For your part, you can eat bananas and kiwis because they are high in potassium and leafy green vegetables because they are rich in magnesium. Both minerals will help prevent the annoying cramps in pregnancy.
Exercising regularly will not only help you stay fit and healthy, but will also help keep your muscles from becoming lethargic. You can go for a walk every day or practice recommended pregnancy exercise routines such as yoga, pilates, or swimming for pregnant women that help prevent uncomfortable cramps.
Physical activities such as yoga are perfect for stretching your legs and adopting healthy postures.
Include stretching and rotation of legs and feet in your daily exercise routine. These leg stretching exercises are also known as stretching exercises, and are ideal for improving cramps in pregnancy. So try stretching your legs every day, practicing push-ups and lifts.
You can also try rotating your ankles and moving your toes repeatedly when you’re sitting or lying down resting, watching TV, reading… Try them during the night and you’ll see that your sleep won’t be interrupted!
Massages on the legs
Leg massages just before bed are an effective trick. Make gentle circular movements on your legs and feet before going to bed, you can use creams or essential oils of your choice. The massages will always be effective to relax the muscles after the tiredness of every day.
Gentle leg massage will help relieve tension and relax muscles.
Positions are also important
Try not to be standing too long, or sitting with your legs crossed for too long, ideally activate your circulation so that you do not feel your legs so tired or numb. We recommend that you get up from time to time and take a few small steps inside your home so that you can improve your blood circulation.

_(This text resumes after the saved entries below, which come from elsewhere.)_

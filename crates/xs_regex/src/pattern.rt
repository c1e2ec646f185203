//! Patterns.

ghost use Rattle.std.specs.Prelude.{◌≡◌, ◌↔◌, ℕ, List, Result, Ok, IfOk, IsTrue};
ghost use Rattle.std.specs.Str.{chars};
ghost use Rattle.pattern_syntax.specs.Regex.{Regex, Matches};
ghost use Rattle.pattern_syntax.specs.Grammar.{RegExp};
ghost use Rattle.pattern_syntax.specs.Reading.{Reads, IsWritten, answer_of};
ghost use Rattle.pattern_syntax.specs.Outcome.{regex_of};
ghost use Rattle.pattern_syntax.specs.declared.fault.PatternFault.{PatternFault};
ghost use Rattle.xs_regex.specs.Expression.{regex};

use crate::program::Program;
use crate::set::PositionSet;
use pattern_syntax::{PatternFault, Term, read_pattern};
use std::alloc::{AllocError, Global};
use std::marker::Model;
use std::rc::Rc;

/// A regular expression, ready to match texts. Contracts see its term.
pub struct Pattern {
    /// Shared by the copies of the pattern.
    program: Rc<Program>,
    /// The positions that took the last character.
    live: PositionSet,
    next: PositionSet,
}

impl Model for Pattern {
    ghost use Rattle.xs_regex.specs.Expression.{Expression};
    ghost use Rattle.xs_positions.specs.TreeCode.{coded_tree};
    ghost use Rattle.std.specs.Coded.{codes};

    ghost Value = { Expression };

    ghost coded = { Prim.hlevel (codes, coded_tree) };

    ghost use Rattle.xs_regex.specs.Ready.{inside_expression, IsReady};

    ghost view = { inside_expression };

    ghost invariant = { IsReady };
}

impl Pattern {
    ghost use Rattle.xs_regex.specs.Outcome.{limited, outcome_of};
    ghost use Rattle.xs_regex.specs.Meaning.{MatchesPattern};

    /// The pattern that the text is (Datatypes, appendix F).
    ///
    /// # Errors
    /// `Syntax` where the text is no pattern, with the number of characters of its longest front that begins some
    /// pattern. Of a text that is one, `UnsupportedBlock` or `UnknownClass` for the first class name that is not
    /// accepted. `TooLarge` last, where a quantifier's number or the count of positions is above 4,096.
    /// Else when memory runs out.
    pub fn read(alloc: Global, text: &str) -> Result<Result<Pattern, PatternFault>, AllocError>
        ensures reads { IfOk result (λ outcome. (answer : Result Regex PatternFault) × Reads (chars text.now) answer × (outcome_of outcome ≡ limited answer)) }
        ensures only { IfOk result (λ outcome. (r : RegExp) → IsWritten (chars text.now) r → outcome_of outcome ≡ limited (answer_of r)) }
        ensures means { IfOk result (λ outcome. IfOk outcome (λ pattern. (other : List ℕ) → Matches (regex pattern) other ↔ MatchesPattern (chars text.now) other)) }
    {
        Pattern::read_text(alloc, text)
    }

    fn read_text(alloc: Global, text: &str) -> Result<Result<Pattern, PatternFault>, AllocError>
        ensures reads { IfOk result (λ outcome. (answer : Result Regex PatternFault) × Reads (chars text.now) answer × (outcome_of outcome ≡ limited answer)) }
        ensures only { IfOk result (λ outcome. (r : RegExp) → IsWritten (chars text.now) r → outcome_of outcome ≡ limited (answer_of r)) }
    {
        match read_pattern(alloc, text)? {
            Ok(term) => Pattern::of_term(alloc, term),
            Err(fault) => Ok(Err(fault)),
        }
    }

    /// The pattern of a term, or `TooLarge` where it has more than 4,096 positions.
    fn of_term(alloc: Global, term: Term) -> Result<Result<Pattern, PatternFault>, AllocError>
        ensures { IfOk result (λ outcome. outcome_of outcome ≡ limited (Ok (regex_of term))) }
    {
        let Ok(program) = Program::new(alloc, term.terms, term.root)? else {
            return Ok(Err(PatternFault::TooLarge));
        };
        let count = program.len();
        Ok(Ok(Pattern {
            program: Rc::new(alloc, program)?,
            live: PositionSet::new(alloc, count)?,
            next: PositionSet::new(alloc, count)?,
        }))
    }

    /// A copy of the pattern with memory of its own for matching; what the pattern is, is shared.
    ///
    /// # Errors
    /// When memory runs out.
    pub fn try_clone(&self, alloc: Global) -> Result<Pattern, AllocError>
        ensures { IfOk result (λ pattern. pattern ≡ self.now) }
    {
        let count = self.program.len();
        Ok(Pattern {
            program: self.program.clone()?,
            live: PositionSet::new(alloc, count)?,
            next: PositionSet::new(alloc, count)?,
        })
    }

    /// Whether the whole text is in the language of the pattern. It takes no memory.
    pub fn matches(&mut self, text: &str) -> bool
        ensures answer { IsTrue result ↔ Matches (regex self.old) (chars text.now) }
        ensures same { self.new ≡ self.old }
    {
        self.program.run(&mut self.live, &mut self.next, text)
    }
}

impl Drop for Pattern {
    fn drop(self) {
        let Pattern {
            program,
            live,
            next,
        } = self;
        drop(program);
        drop(live);
        drop(next);
    }
}
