//! The heads of elements, the names of their child elements and the characters of their texts, read off the document that is edited in place.
#![tactic(auto)]

mod heads;
mod laws;
mod texts;

pub use heads::{head_at, names_below, untyped_name};
pub use laws::{nodes_are_readers, nodes_show_elements};
pub use texts::chars_of;
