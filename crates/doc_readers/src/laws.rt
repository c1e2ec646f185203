//! What nodes show is what the document shows that they stand for.

ghost use Rattle.std.specs.Prelude.{◌≡◌, ℕ, ◌++◌, List, Some};
ghost use Rattle.xs_names.specs.Names.{NameTable};
ghost use Rattle.tree_rows.specs.Forest.{Forest, Document};
ghost use Rattle.tree_rows.specs.declared.row.NodeKind.TheVariants as kinds;
ghost use Rattle.assess_records.specs.Numbered.{Scope, name_in, named_texts, scope_in};
ghost use Rattle.assessment.specs.Local.{AreRead};
ghost use Rattle.elem_governing.specs.declared.head.ElementHead.{ElementHead};
ghost use Rattle.elem_governing.specs.Heads.{IsHead};
ghost use Rattle.doc_nodes.specs.Nodes.{Nodes};
ghost use Rattle.doc_changes.specs.Stands.{StandFor, StandsFor};
ghost use Rattle.doc_changes.specs.Held.{kind_at};
ghost use Rattle.doc_changes.specs.Readers.{name_at, own_scope};
ghost use Rattle.doc_readers.specs.Heads.{readers_of, texts_named, IsHeadAt};

/// Nodes by number read as the elements of the tree that they stand for.
pub fn nodes_are_readers()
    ensures { (t : NameTable) (ns : Nodes) (f : Forest) → StandFor t ns f → AreRead (readers_of t ns) f }
{}

/// What an element of a document shows by the numbers of names is what it shows by its names: its name, its attributes, its scope
/// (Namespaces in XML 1.0, 6.1) and its head.
pub fn nodes_show_elements()
    ensures name { (t : NameTable) (ns : Nodes) (d : Document) (n : ℕ) → StandsFor t ns d → kind_at ns n ≡ Some kinds.Element → name_in t ((readers_of t ns).name n) ≡ name_at ns n }
    ensures attributes { (t : NameTable) (ns : Nodes) (d : Document) (n : ℕ) → StandsFor t ns d → named_texts t ((readers_of t ns).attributes n) ≡ texts_named ns n }
    ensures scope { (t : NameTable) (ns : Nodes) (d : Document) (n : ℕ) (outer : Scope) → StandsFor t ns d → scope_in t ((readers_of t ns).bindings n) outer ≡ own_scope ns n ++ outer }
    ensures head { (t : NameTable) (ns : Nodes) (d : Document) (n : ℕ) (outer : Scope) (h : ElementHead) → StandsFor t ns d → kind_at ns n ≡ Some kinds.Element → IsHeadAt ns n outer h
        → IsHead t outer ((readers_of t ns).name n) ((readers_of t ns).bindings n) ((readers_of t ns).attributes n) h }
{}
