//! The positions of a term, and how they take the characters of a text.

ghost use Rattle.std.specs.Prelude.{◌≡◌, ℕ, ◌<◌, ◌≤◌, ◌↔◌, ◌⊎◌, length, replicate, false, All, Contains, IfOk, IfSome, IsErr, IsTrue, Some};
ghost use Rattle.std.specs.Str.{chars};
ghost use Rattle.xs_positions.specs.Sets.{row};
ghost use Rattle.xs_positions.specs.Nodes.{tree_at};
ghost use Rattle.pattern_syntax.specs.Regex.{Matches, regex_at};
ghost use Rattle.pattern_syntax.specs.Terms.{regexes_of, classes_of, trees_of};
ghost use Rattle.xs_regex.specs.Sets.{Has};
ghost use Rattle.xs_positions.specs.Expressions.{size};
ghost use Rattle.xs_regex.specs.Expression.{regex};
ghost use Rattle.xs_regex.specs.Program.{expression_of, takes, Waits, IsRead, ArePut, IsProgram};

use crate::set::PositionSet;
use pattern_syntax::{CharClass, ClassItem, Terms};
use std::alloc::{AllocError, Global};
use std::mem;
use xs_positions::{ExprId, Positions, PositionsError, find_positions};

/// How many positions a pattern may have.
const MOST_POSITIONS: u32 = 4_096;

/// The positions of a term.
#[derive(Drop)]
pub(crate) struct Program {
    terms: Terms,
    root: ExprId,
    positions: Positions,
    /// For each position, whether a word may end with it.
    ends: Vec<bool>,
}

impl Program {
    /// The positions of a term, unless there are more than `MOST_POSITIONS`.
    pub(crate) fn new(
        alloc: Global,
        terms: Terms,
        root: ExprId,
    ) -> Result<Result<Program, PositionsError>, AllocError>
        requires { root < length (trees_of terms) }
        ensures program { IfOk result (λ answer. IfOk answer IsProgram) }
        ensures term { IfOk result (λ answer. IfOk answer (λ program. expression_of program ≡ record { classes = classes_of terms; tree = tree_at (trees_of terms) root })) }
        ensures too_large { IfOk result (λ answer. IsErr answer ↔ (MOST_POSITIONS < size (regex_at (regexes_of terms) root))) }
    {
        let positions = match find_positions(terms.expr(), root, MOST_POSITIONS)? {
            Ok(positions) => positions,
            Err(error) => return Ok(Err(error)),
        };
        let ends = marks(alloc, positions.count(), positions.last())?;
        Ok(Ok(Program {
            terms,
            root,
            positions,
            ends,
        }))
    }

    /// How many positions there are.
    pub(crate) fn len(&self) -> u32
        ensures { result ≡ length self.now.positions.symbols }
    {
        self.positions.count()
    }

    /// Whether the text is in the language of the term. The sets are for use meanwhile.
    pub(crate) fn run(&self, live: &mut PositionSet, next: &mut PositionSet, text: &str) -> bool
        requires program { IsProgram self.now }
        requires live { length live.old ≡ length self.now.positions.symbols }
        requires next { length next.old ≡ length self.now.positions.symbols }
        ensures answer { IsTrue result ↔ Matches (regex (expression_of self.now)) (chars text.now) }
        ensures live_size { length live.new ≡ length live.old }
        ensures next_size { length next.new ≡ length next.old }
    {
        let mut begun = false;
        for c in text.chars() {
            self.advance(live, begun, c, next);
            begun = true;
            mem::swap(live, next);
        }
        self.accepts(live, begun)
    }

    /// The positions that take the character of those that wait for it: at the beginning those that begin a word, and
    /// then those that follow a live one.
    fn advance(&self, live: &PositionSet, begun: bool, c: char, next: &mut PositionSet)
        requires program { IsProgram self.now }
        requires live { length live.now ≡ length self.now.positions.symbols }
        requires next { length next.old ≡ length self.now.positions.symbols }
        ensures next { (q : ℕ) → Has next.new q ↔ (Waits self.now.positions live.now begun q × IsTrue (takes self.now q c)) }
        ensures size { length next.new ≡ length next.old }
    {
        next.clear();
        if !begun {
            self.put(self.positions.first(), c, next);
            return;
        }
        let mut done = None;
        for p in live.members() {
            self.put_followers(*p, c, next, &mut done);
        }
    }

    /// Whether what was read is in the language.
    fn accepts(&self, live: &PositionSet, begun: bool) -> bool
        requires program { IsProgram self.now }
        requires live { length live.now ≡ length self.now.positions.symbols }
        ensures { IsTrue result ↔ IsRead self.now.positions live.now begun }
    {
        if !begun {
            return self.positions.nullable();
        }
        for p in live.members() {
            if self.ends[*p as usize] {
                return true;
            }
        }
        false
    }

    /// Puts those that follow the position and take the character into the set; where the same ones follow the position
    /// that is done, they are there already.
    fn put_followers(&self, p: u32, c: char, next: &mut PositionSet, done: &mut Option<u32>)
        requires program { IsProgram self.now }
        requires within { p < length self.now.positions.symbols }
        requires next { length next.old ≡ length self.now.positions.symbols }
        requires done { IfSome done.old (ArePut self.now next.old c) }
        ensures done { IfSome done.new (ArePut self.now next.new c) }
        ensures next { (q : ℕ) → Has next.new q ↔ (Has next.old q ⊎ (Contains (row self.now.positions.follow p) q × IsTrue (takes self.now q c))) }
        ensures size { length next.new ≡ length next.old }
    {
        if self.is_done(*done, p) {
            return;
        }
        self.put(self.positions.follow(p), c, next);
        *done = Some(p);
    }

    /// Puts those of these positions that take the character into the set.
    fn put(&self, positions: &[u32], c: char, set: &mut PositionSet)
        requires positions { All (λ p. p < length self.now.positions.symbols) positions.now }
        requires set { length set.old ≡ length self.now.positions.symbols }
        ensures set { (q : ℕ) → Has set.new q ↔ (Has set.old q ⊎ (Contains positions.now q × IsTrue (takes self.now q c))) }
        ensures size { length set.new ≡ length set.old }
    {
        for p in positions {
            if self.takes(*p, c) {
                set.insert(*p);
            }
        }
    }

    /// Whether the same positions follow the one that is done, as far as that is known.
    fn is_done(&self, done: Option<u32>, p: u32) -> bool
        requires within { p < length self.now.positions.symbols }
        requires done { IfSome done (λ q. q < length self.now.positions.symbols) }
        ensures { IsTrue result → (q : ℕ) × (done ≡ Some q) × (row self.now.positions.follow q ≡ row self.now.positions.follow p) }
    {
        match done {
            Some(q) => self.positions.follow_alike(q, p),
            None => false,
        }
    }

    /// Whether the class of the position's symbol has the character.
    fn takes(&self, p: u32, c: char) -> bool
        requires { p < length self.now.positions.symbols }
        ensures { result ≡ takes self.now p c }
    {
        let number = self.positions.symbol_of(p) as usize;
        match self.terms.classes().get(number) {
            Some(CharClass::Item(ClassItem::One(other))) => c == *other,
            Some(class) => class.contains(c),
            None => false,
        }
    }
}

/// A flag for each number below the count, set for these numbers.
fn marks(alloc: Global, count: u32, numbers: &[u32]) -> Result<Vec<bool>, AllocError>
    requires { All (λ p. p < count) numbers.now }
    ensures flags { IfOk result (λ flags. (p : ℕ) → Has flags.items p ↔ Contains numbers.now p) }
    ensures count { IfOk result (λ flags. length flags.items ≡ count) }
{
    let mut flags = vec![in alloc; false; count as usize]?;
    for p in numbers {
        flags[*p as usize] = true;
    }
    Ok(flags)
}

Other effective measures against cramps
- Drink plenty of water to stay hydrated
- Take cold showers to activate your circulation and reduce cramps
- Take the vitamin supplements recommended by your gynecologist.
- Try not to wear tight pants that compress your legs.
- Lie on your left side so you can improve circulation to and from your legs.
Should I worry if the cramps are too painful?
If you notice that the cramps are very painful, do not go away with stretching and last longer than an occasional cramp or if you notice that in addition to the pain there is swelling, redness and tenderness, you should consult your doctor as soon as possible, as this may be a more serious problem that needs medical attention.